| Description of the task |
Your response should be every line from the entries that includes the string "fits".

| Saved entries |
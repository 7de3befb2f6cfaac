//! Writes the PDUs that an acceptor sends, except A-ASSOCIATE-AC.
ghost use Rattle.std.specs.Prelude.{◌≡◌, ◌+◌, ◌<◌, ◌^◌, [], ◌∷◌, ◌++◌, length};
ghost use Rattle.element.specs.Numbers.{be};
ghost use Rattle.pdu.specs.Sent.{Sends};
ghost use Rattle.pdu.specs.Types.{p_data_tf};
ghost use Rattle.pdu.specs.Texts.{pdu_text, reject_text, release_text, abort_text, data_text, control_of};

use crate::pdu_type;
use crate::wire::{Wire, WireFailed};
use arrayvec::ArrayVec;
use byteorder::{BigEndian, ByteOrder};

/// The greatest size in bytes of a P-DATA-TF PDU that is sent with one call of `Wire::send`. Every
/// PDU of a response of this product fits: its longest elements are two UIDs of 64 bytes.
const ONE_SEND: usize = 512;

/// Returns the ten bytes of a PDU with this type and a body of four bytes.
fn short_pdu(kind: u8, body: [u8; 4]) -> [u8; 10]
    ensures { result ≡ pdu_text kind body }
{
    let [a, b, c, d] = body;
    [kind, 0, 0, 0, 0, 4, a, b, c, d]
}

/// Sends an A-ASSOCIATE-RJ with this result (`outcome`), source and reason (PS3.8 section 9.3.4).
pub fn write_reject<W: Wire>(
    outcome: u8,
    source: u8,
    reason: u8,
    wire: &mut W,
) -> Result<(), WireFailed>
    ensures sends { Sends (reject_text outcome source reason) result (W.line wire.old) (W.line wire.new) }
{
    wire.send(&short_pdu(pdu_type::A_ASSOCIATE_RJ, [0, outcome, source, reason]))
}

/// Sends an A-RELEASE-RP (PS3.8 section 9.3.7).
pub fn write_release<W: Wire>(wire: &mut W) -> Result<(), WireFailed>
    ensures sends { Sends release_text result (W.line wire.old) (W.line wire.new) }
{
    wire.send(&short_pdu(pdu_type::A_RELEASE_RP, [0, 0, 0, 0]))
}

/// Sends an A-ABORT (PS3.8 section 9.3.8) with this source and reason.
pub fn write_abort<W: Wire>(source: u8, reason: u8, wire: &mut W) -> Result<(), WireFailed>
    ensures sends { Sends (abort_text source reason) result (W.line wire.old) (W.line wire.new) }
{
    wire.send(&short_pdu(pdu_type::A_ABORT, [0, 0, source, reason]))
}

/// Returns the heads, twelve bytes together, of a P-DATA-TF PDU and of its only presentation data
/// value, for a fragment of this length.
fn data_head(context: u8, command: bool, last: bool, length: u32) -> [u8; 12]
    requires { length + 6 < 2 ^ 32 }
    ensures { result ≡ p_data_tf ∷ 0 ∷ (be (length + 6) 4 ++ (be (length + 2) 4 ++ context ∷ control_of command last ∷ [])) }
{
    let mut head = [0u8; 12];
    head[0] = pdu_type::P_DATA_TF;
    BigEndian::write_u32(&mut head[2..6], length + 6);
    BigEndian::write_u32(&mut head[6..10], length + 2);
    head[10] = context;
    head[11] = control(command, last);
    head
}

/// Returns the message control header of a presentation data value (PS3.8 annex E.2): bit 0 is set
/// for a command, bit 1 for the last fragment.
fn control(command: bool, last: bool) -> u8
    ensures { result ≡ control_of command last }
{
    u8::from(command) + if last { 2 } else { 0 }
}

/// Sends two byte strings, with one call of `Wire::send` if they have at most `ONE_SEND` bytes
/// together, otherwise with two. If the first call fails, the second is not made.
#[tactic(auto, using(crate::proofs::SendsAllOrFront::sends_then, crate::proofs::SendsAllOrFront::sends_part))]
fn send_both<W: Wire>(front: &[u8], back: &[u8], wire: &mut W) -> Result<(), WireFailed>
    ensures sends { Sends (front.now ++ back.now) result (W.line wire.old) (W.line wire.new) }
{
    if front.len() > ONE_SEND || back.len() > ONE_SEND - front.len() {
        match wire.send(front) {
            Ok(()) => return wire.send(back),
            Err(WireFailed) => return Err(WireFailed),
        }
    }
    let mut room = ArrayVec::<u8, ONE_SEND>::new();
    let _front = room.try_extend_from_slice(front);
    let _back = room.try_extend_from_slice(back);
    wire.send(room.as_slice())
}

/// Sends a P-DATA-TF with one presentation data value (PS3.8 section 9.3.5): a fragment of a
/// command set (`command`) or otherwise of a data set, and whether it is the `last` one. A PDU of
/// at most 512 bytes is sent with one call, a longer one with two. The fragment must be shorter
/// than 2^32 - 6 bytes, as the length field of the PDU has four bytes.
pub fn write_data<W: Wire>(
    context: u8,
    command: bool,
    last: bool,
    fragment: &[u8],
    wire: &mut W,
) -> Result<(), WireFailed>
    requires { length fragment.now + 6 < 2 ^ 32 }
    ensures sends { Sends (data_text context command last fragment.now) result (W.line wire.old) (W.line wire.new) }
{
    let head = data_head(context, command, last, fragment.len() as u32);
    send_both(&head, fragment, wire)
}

--

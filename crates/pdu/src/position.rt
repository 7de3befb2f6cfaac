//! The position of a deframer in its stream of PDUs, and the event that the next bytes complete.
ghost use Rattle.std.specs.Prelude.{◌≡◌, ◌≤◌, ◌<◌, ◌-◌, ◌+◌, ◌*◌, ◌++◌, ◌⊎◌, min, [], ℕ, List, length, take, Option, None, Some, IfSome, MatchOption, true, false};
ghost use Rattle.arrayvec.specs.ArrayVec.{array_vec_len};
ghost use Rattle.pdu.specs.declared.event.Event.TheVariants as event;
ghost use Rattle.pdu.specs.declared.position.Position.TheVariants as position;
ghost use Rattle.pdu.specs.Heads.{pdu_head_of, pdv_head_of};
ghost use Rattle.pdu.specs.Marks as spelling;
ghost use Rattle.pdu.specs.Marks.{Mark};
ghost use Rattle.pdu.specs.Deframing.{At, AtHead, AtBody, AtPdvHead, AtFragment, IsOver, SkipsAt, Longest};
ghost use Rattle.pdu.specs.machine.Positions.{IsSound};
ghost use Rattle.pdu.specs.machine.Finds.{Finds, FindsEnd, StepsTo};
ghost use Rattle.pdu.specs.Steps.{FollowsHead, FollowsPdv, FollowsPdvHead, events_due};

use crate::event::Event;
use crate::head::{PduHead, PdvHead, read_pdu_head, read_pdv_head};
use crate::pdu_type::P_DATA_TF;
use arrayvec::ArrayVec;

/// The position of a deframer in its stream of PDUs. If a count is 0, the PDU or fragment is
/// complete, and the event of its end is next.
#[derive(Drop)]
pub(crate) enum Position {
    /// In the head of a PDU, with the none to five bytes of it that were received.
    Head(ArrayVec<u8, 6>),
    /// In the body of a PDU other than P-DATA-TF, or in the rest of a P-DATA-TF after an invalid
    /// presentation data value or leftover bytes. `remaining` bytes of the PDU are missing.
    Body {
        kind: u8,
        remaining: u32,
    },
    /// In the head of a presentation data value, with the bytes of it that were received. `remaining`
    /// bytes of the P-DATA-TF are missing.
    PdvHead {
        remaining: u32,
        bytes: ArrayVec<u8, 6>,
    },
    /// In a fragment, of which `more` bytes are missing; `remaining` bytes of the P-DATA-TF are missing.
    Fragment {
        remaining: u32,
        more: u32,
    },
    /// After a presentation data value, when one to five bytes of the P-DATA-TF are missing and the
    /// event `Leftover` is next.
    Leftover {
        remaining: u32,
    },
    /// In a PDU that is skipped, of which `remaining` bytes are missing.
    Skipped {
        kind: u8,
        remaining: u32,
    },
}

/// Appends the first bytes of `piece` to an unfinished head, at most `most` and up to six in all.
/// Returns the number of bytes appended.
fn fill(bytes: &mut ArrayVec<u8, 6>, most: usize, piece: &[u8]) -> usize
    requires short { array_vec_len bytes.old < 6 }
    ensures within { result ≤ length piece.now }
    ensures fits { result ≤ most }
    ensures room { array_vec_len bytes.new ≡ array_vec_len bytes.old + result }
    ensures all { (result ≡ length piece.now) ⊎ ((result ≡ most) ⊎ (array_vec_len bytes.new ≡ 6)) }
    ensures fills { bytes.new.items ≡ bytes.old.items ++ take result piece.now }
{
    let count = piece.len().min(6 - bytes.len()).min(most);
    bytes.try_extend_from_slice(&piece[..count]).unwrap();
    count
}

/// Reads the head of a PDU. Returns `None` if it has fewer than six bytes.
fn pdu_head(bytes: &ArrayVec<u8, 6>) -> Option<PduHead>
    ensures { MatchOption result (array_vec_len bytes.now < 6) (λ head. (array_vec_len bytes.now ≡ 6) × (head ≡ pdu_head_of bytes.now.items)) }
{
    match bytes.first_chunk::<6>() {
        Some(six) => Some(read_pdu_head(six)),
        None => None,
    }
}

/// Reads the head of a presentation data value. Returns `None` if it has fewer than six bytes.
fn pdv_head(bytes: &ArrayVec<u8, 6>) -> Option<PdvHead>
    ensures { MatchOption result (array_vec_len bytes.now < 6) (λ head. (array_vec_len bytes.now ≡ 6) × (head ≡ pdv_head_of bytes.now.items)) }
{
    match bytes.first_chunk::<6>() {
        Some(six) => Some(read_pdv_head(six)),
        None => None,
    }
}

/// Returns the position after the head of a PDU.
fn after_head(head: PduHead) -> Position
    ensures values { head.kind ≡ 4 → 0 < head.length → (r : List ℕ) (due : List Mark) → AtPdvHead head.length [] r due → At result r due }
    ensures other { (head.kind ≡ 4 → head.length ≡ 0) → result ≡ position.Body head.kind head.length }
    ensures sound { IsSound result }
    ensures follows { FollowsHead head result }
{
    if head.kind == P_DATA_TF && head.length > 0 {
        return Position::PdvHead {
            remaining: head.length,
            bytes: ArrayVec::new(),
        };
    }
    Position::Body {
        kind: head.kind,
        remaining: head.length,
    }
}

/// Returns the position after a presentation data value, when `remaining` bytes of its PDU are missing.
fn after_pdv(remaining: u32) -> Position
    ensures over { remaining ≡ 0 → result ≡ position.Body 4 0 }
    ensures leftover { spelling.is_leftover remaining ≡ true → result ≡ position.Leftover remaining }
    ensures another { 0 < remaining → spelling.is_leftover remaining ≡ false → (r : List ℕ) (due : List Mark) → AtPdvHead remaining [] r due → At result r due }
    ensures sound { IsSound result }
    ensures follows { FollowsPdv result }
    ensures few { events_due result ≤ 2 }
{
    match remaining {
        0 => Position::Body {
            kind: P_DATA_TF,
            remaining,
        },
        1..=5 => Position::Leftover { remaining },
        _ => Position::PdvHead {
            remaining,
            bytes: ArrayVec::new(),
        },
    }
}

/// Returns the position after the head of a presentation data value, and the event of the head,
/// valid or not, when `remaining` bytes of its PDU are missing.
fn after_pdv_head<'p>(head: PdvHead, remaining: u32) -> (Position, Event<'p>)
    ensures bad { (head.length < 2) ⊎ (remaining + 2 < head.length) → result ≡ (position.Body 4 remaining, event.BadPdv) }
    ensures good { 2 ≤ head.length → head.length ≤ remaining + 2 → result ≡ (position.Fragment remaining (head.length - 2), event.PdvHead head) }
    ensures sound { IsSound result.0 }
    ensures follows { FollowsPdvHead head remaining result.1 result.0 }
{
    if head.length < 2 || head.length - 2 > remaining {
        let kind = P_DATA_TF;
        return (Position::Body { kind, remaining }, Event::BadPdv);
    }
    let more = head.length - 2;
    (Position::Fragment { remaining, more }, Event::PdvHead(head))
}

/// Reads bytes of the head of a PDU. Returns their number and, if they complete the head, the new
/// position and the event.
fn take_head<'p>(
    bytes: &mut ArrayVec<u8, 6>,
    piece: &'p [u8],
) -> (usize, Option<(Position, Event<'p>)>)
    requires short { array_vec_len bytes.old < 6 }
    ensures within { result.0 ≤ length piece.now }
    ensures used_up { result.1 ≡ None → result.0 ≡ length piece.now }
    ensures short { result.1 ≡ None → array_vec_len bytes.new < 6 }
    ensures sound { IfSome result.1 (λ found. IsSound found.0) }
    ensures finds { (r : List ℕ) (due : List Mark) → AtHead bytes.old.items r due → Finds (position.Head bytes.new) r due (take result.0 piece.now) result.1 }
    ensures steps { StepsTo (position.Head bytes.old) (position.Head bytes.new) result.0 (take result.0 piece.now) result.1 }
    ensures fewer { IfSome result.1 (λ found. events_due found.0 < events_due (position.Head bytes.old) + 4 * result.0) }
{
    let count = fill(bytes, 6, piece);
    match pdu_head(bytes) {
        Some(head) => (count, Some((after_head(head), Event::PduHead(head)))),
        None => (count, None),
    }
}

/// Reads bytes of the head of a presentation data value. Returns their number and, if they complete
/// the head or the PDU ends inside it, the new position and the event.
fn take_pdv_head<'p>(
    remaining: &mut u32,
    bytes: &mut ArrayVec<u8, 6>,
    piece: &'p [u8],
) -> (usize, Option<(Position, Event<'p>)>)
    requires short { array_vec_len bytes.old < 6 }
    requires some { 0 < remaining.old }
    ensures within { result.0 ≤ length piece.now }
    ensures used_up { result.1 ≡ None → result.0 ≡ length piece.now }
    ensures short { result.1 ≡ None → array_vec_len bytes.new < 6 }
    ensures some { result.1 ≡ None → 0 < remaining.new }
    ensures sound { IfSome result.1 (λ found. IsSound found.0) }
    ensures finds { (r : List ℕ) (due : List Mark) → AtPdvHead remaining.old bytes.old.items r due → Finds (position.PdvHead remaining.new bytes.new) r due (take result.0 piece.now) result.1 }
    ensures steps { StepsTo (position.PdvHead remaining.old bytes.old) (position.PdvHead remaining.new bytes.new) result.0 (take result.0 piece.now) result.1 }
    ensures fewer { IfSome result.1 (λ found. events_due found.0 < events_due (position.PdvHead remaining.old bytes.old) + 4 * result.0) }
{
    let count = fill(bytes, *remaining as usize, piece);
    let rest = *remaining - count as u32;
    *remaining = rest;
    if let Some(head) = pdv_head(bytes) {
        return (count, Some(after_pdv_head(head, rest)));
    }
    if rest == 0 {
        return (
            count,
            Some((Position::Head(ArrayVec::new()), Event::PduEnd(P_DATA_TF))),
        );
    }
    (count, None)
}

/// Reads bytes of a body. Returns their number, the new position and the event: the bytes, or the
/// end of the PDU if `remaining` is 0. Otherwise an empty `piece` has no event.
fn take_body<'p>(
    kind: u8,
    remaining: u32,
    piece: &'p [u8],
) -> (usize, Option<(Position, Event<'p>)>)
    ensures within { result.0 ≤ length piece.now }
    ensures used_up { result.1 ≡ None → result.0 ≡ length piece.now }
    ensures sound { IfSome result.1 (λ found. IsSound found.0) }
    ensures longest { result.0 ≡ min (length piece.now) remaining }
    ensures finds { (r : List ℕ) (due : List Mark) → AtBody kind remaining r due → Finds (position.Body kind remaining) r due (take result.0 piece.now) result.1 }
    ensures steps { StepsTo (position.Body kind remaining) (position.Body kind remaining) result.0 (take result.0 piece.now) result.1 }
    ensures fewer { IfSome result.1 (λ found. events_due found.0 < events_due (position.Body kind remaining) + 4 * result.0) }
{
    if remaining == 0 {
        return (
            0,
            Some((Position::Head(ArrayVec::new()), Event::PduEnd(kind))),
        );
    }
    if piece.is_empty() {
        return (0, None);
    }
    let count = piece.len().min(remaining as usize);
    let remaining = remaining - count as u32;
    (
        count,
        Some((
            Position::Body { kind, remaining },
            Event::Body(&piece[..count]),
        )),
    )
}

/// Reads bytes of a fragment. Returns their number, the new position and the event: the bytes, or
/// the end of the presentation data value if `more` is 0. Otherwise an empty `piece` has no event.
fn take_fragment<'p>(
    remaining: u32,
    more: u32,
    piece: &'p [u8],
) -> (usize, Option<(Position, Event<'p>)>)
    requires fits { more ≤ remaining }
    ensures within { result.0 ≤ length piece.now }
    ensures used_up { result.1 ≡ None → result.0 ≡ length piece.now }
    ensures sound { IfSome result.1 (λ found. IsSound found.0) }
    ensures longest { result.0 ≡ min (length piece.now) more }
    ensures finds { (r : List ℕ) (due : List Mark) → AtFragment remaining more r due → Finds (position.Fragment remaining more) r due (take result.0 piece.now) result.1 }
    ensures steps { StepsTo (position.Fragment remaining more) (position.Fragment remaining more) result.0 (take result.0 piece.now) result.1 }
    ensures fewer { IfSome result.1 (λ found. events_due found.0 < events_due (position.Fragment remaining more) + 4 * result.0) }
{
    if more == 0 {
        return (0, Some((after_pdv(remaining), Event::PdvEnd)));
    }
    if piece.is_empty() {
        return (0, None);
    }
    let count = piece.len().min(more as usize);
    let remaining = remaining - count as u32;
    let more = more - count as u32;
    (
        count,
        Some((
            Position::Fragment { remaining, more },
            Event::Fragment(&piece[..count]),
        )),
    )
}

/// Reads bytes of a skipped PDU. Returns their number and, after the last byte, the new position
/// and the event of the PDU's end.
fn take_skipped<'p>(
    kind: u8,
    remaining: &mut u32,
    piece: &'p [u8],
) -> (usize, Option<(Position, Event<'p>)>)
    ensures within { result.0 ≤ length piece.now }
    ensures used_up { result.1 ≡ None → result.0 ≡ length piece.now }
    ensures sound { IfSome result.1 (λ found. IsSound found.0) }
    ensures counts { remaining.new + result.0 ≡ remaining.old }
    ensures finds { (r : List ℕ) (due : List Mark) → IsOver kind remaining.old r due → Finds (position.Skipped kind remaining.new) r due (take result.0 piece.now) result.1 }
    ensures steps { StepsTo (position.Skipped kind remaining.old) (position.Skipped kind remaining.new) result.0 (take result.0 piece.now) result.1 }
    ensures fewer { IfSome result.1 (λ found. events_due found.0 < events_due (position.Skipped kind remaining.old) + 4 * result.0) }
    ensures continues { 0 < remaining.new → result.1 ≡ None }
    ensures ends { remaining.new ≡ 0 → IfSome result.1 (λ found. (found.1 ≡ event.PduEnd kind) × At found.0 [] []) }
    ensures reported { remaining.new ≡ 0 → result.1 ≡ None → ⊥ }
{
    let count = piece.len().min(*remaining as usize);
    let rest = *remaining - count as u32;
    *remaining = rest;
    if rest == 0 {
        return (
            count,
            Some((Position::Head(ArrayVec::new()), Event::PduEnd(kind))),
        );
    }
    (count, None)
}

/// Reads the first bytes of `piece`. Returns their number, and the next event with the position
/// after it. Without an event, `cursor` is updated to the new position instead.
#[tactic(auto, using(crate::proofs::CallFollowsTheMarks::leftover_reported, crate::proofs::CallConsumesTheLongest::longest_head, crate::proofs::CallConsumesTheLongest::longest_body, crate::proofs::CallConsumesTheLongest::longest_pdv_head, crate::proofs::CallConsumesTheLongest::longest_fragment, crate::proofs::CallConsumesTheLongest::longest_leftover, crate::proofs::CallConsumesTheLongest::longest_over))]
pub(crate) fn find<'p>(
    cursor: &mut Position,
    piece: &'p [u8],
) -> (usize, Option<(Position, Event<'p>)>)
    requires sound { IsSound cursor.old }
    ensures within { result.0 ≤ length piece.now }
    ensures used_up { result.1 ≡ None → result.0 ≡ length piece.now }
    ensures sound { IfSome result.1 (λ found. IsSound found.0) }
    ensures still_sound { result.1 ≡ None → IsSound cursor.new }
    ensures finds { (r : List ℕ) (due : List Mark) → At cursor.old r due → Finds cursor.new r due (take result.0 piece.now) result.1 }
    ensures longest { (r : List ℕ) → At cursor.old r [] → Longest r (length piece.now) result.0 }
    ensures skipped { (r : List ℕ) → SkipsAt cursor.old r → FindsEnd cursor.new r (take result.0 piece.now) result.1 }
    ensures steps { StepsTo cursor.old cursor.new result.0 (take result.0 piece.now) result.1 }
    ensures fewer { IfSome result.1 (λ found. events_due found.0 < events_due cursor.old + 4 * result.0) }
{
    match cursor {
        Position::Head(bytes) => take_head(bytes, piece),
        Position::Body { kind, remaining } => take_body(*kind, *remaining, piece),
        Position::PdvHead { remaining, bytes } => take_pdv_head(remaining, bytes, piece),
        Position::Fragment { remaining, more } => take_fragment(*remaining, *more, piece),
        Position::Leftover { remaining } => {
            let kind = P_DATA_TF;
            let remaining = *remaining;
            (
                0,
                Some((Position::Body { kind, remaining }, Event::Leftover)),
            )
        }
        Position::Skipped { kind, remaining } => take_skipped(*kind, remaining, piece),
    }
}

| Finished exercise |
/// PDU of a response of this product fits: its longest elements are two UIDs of 64 bytes.
    ensures fits { result ≤ most }
    requires fits { more ≤ remaining }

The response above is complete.